While most distilleries have reopened for tours, some still aren't allowing visitors into “front line" areas where bourbon is produced, Gregory said. For guests allowed into production areas, chances are they'll be asked to wear a mask for that phase of the tour, he said.

Some distilleries remain closed to tours. That includes industry giant Jim Beam, which is overhauling its visitor experience with plans to reopen in the fall at its flagship distilling operation in Clermont, said company spokesperson Emily Bryson York.

At Maker's Mark, both tour sizes and the number of tours will increase starting in mid-July at its distillery in Loretto, said Rob Samuels, the brand's managing director.

For visitors unable to join a tour, Maker's Mark and other distilleries offer tastings of their products. They can order cocktails or perhaps a meal if the distillery has a restaurant. And they can walk the distillery grounds and shop at the gift shop.

If a larger distillery is booked, visitors often can check out a smaller distillery nearby, Gregory said. Kentucky now boasts distilleries in 32 of its 120 counties, with more than a dozen others recently announced or under construction, he said.

Like his predecessors, Gov. Andy Beshear has become a fixture at events toasting the bourbon industry's growth. At Monday's opening of the Heaven Hill Bourbon Experience, Beshear said the visitor center gives people “one more great reason to visit Kentucky and experience the Kentucky Bourbon Trail.”
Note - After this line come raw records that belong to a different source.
//! Laws of a tree as it grows: it is made level by level, and peaks stand for the leaves in front.

ghost use Rattle.std.specs.Prelude.{◌≡◌, ℕ, true, ◌+◌, ◌-◌, ◌*◌, ◌/◌, ◌%◌, ◌^◌, ◌<◌, ◌≤◌, List, [], ◌∷◌, ◌++◌, length, take, drop, count_ones};
ghost use Rattle.tree_model.specs.Tree.{Hash, node, root, IsSplit};
ghost use Rattle.tree_model.specs.Path.{path};
ghost use Rattle.tree_model.specs.Extension.{proof};
ghost use Rattle.tree_model.specs.Halves.{pairs, halve, beside, own_part};
ghost use Rattle.tree_model.specs.Peaks.{peaks};
ghost use Rattle.tree_model.specs.RootFrom.{root_from};

/// The tree from the leaves up. Each level is made from the one below it, two digests at a time, where an odd last
/// digest goes up as it is. The root is that of the next level, and so is each path of RFC 6962, behind the digest
/// beside the leaf. A proof over an even number of first leaves is that of the next level; over an odd number it is the
/// last of them, unless it is the only one, and the path of that one. The peaks are those of the next level's whole
/// nodes, and an odd last digest. So all can be read level by level, with no look at where the tree splits.
pub fn halves_give_the_tree()
    ensures root { (hash : Hash) (digests : List (List ℕ))
        → root hash digests ≡ root hash (halve hash digests) }
    ensures path { (hash : Hash) (n : ℕ) (digests : List (List ℕ)) → n < length digests
        → path hash n digests ≡ beside n digests ++ path hash (n / 2) (halve hash digests) }
    ensures proof_even { (hash : Hash) (m : ℕ) (digests : List (List ℕ))
        → 0 < m → m ≤ length digests → m % 2 ≡ 0
        → proof hash m digests ≡ proof hash (m / 2) (halve hash digests) }
    ensures proof_odd { (hash : Hash) (m : ℕ) (digests : List (List ℕ))
        → m < length digests → m % 2 ≡ 1
        → proof hash m digests ≡ own_part true m digests ++ path hash (m - 1) digests }
    ensures peaks { (hash : Hash) (digests : List (List ℕ)) → peaks hash digests
        ≡ peaks hash (pairs hash digests) ++ drop (2 * (length digests / 2)) digests }
{}

/// The peaks of a list: the roots of its whole aligned subtrees, the greatest first, one for each digit of the list's
/// length that is one. The first is over the greatest power of two that fits, and the others are those of the rest.
pub fn peaks_are_roots()
    ensures none { (hash : Hash) → peaks hash [] ≡ [] }
    ensures more { (hash : Hash) (h : ℕ) (digests : List (List ℕ))
        → 2 ^ h ≤ length digests → length digests < 2 * 2 ^ h → peaks hash digests
        ≡ root hash (take (2 ^ h) digests) ∷ peaks hash (drop (2 ^ h) digests) }
    ensures count { (hash : Hash) (digests : List (List ℕ))
        → length (peaks hash digests) ≡ count_ones (length digests) }
{}

/// The root of a tree of which only the peaks of the first p leaves and the leaves behind them are known, case by case:
/// over no peaks it is the root of the leaves (`none`), and over one peak and no leaf that peak (`whole`). Otherwise the
/// tree splits at the largest power of two below the number of its leaves: behind the first peak, where that covers the
/// part in front (`front`), and else among the leaves (`behind`). Over the peaks of a list it is the root of that list with
/// the leaves behind it, whichever list it is (`list`).
pub fn peaks_give_roots()
    ensures none { (hash : Hash) (leaves : List (List ℕ))
        → root_from hash [] 0 leaves ≡ root hash leaves }
    ensures whole { (hash : Hash) (h : ℕ) (peak : List ℕ)
        → root_from hash (peak ∷ []) (2 ^ h) [] ≡ peak }
    ensures front { (hash : Hash) (k p : ℕ) (peak : List ℕ) (others leaves : List (List ℕ))
        → IsSplit k (p + length leaves) → k ≤ p → p < 2 * k
        → root_from hash (peak ∷ others) p leaves
        ≡ node hash peak (root_from hash others (p - k) leaves) }
    ensures behind { (hash : Hash) (k p : ℕ) (tops leaves : List (List ℕ))
        → IsSplit k (p + length leaves) → p < k → root_from hash tops p leaves
        ≡ node hash (root_from hash tops p (take (k - p) leaves)) (root hash (drop
        (k - p) leaves)) }
    ensures list { (hash : Hash) (digests leaves : List (List ℕ))
        → root_from hash (peaks hash digests) (length digests) leaves
        ≡ root hash (digests ++ leaves) }
{}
The new tourist center is three times larger than Heaven Hill's previous Bardstown visitors' center and is part of a $125 million investment by Heaven Hill that includes new barrel warehousing, bottling line and equipment upgrades.

Heaven Hill Brands President Max L. Shapira summed up the industry's relief in seeing tourists return.

“We are extremely pleased to be welcoming fans and visitors back to bourbon country to see, taste and learn about America’s Native Spirit in a new way,” he said.